Nguyen Dieu My T, Roper Mark, Mircic Stanislav, Olberg Robert M, Gage Gregory J
Backyard Brains, Ann Arbor, MI 48104.
Neuroscience & Cognitive Science, University of Arizona, Tucson, AZ 85721.
J Undergrad Neurosci Educ. 2017 Jun 15;15(2):A162-A173. eCollection 2017 Spring.
Avoiding capture from a fast-approaching predator is an important survival skill shared by many animals. Investigating the neural circuits that give rise to this escape behavior can provide a tractable demonstration of systems-level neuroscience research for undergraduate laboratories. In this paper, we describe three related hands-on exercises using the grasshopper and affordable technology to bring neurophysiology, neuroethology, and neural computation to life and enhance student understanding and interest. We simplified a looming stimuli procedure using the Backyard Brains SpikerBox bioamplifier, an open-source and low-cost electrophysiology rig, to extracellularly record activity of the descending contralateral movement detector (DCMD) neuron from the grasshopper's neck. The DCMD activity underlies the grasshopper's motor responses to looming monocular visual cues and can easily be recorded and analyzed on an open-source iOS oscilloscope app, Spike Recorder. Visual stimuli are presented to the grasshopper by this same mobile application allowing for synchronized recording of stimuli and neural activity. An in-app spike-sorting algorithm is described that allows a quick way for students to record, sort, and analyze their data at the bench. We also describe a way for students to export these data to other analysis tools. With the protocol described, students will be able to prepare the grasshopper, find and record from the DCMD neuron, and visualize the DCMD responses to quantitatively investigate the escape system by adjusting the speed and size of simulated approaching objects. We describe the results from 22 grasshoppers, where 50 of the 57 recording sessions (87.7%) had a reliable DCMD response.
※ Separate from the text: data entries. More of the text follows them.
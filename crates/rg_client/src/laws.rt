// A law of replies, the contract of a function that does nothing.
ghost use Rattle.std.specs.Prelude.{◌≡◌, ℕ, List};
ghost use Rattle.rg_http.specs.declared.message.Response.{Response};
ghost use Rattle.rg_client.specs.Replies.{HasNone, HasReply, IsUnfinished};

/// The bytes alone decide: at their front stands one reply, and one rest follows. Where it does, nothing is refused or awaited.
pub fn replies_are_one()
    ensures one { (bytes : List ℕ) (r s : Response) (rest more : List ℕ)
        → HasReply bytes r rest → HasReply bytes s more → (r ≡ s) × (rest ≡ more) }
    ensures read { (bytes : List ℕ) (r : Response) (rest : List ℕ)
        → HasReply bytes r rest → ¬ (HasNone bytes) }
    ensures whole { (bytes : List ℕ) (r : Response) (rest : List ℕ)
        → HasReply bytes r rest → ¬ (IsUnfinished bytes) }
{}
Finally, we field-tested our experiment in an undergraduate neuroscience laboratory and found that a majority of students (67%) could perform this exercise in one two-hour lab setting, and had an increase in interest for studying the neural systems that drive behavior.
躲避快速逼近的捕食者是许多动物共有的一项重要生存技能。研究引发这种逃避行为的神经回路可为本科实验室的系统级神经科学研究提供一个易于操作的示范。在本文中,我们描述了三个相关的实践练习,利用蚱蜢和经济实惠的技术,将神经生理学、神经行为学和神经计算生动呈现出来,增强学生的理解和兴趣。我们使用Backyard Brains SpikerBox生物放大器简化了一种逼近刺激程序,该生物放大器是一种开源且低成本的电生理设备,用于从蚱蜢颈部细胞外记录下行对侧运动探测器(DCMD)神经元的活动。DCMD活动是蚱蜢对逼近的单眼视觉线索产生运动反应的基础,并且可以很容易地在开源iOS示波器应用程序Spike Recorder上进行记录和分析。通过同一个移动应用程序向蚱蜢呈现视觉刺激,从而实现刺激和神经活动的同步记录。文中描述了一种应用内尖峰分类算法,使学生能够在实验台上快速记录、分类和分析他们的数据。我们还描述了一种让学生将这些数据导出到其他分析工具的方法。通过所描述的方案,学生将能够准备蚱蜢,找到并记录DCMD神经元,以及通过调整模拟逼近物体的速度和大小来可视化DCMD反应,从而定量研究逃避系统。我们描述了22只蚱蜢的实验结果,在57次记录中,有50次(87.7%)获得了可靠的DCMD反应。最后,我们在本科神经科学实验室对我们的实验进行了实地测试,发现大多数学生(67%)能够在一个两小时的实验课上完成这个练习,并且对研究驱动行为的神经系统的兴趣有所增加。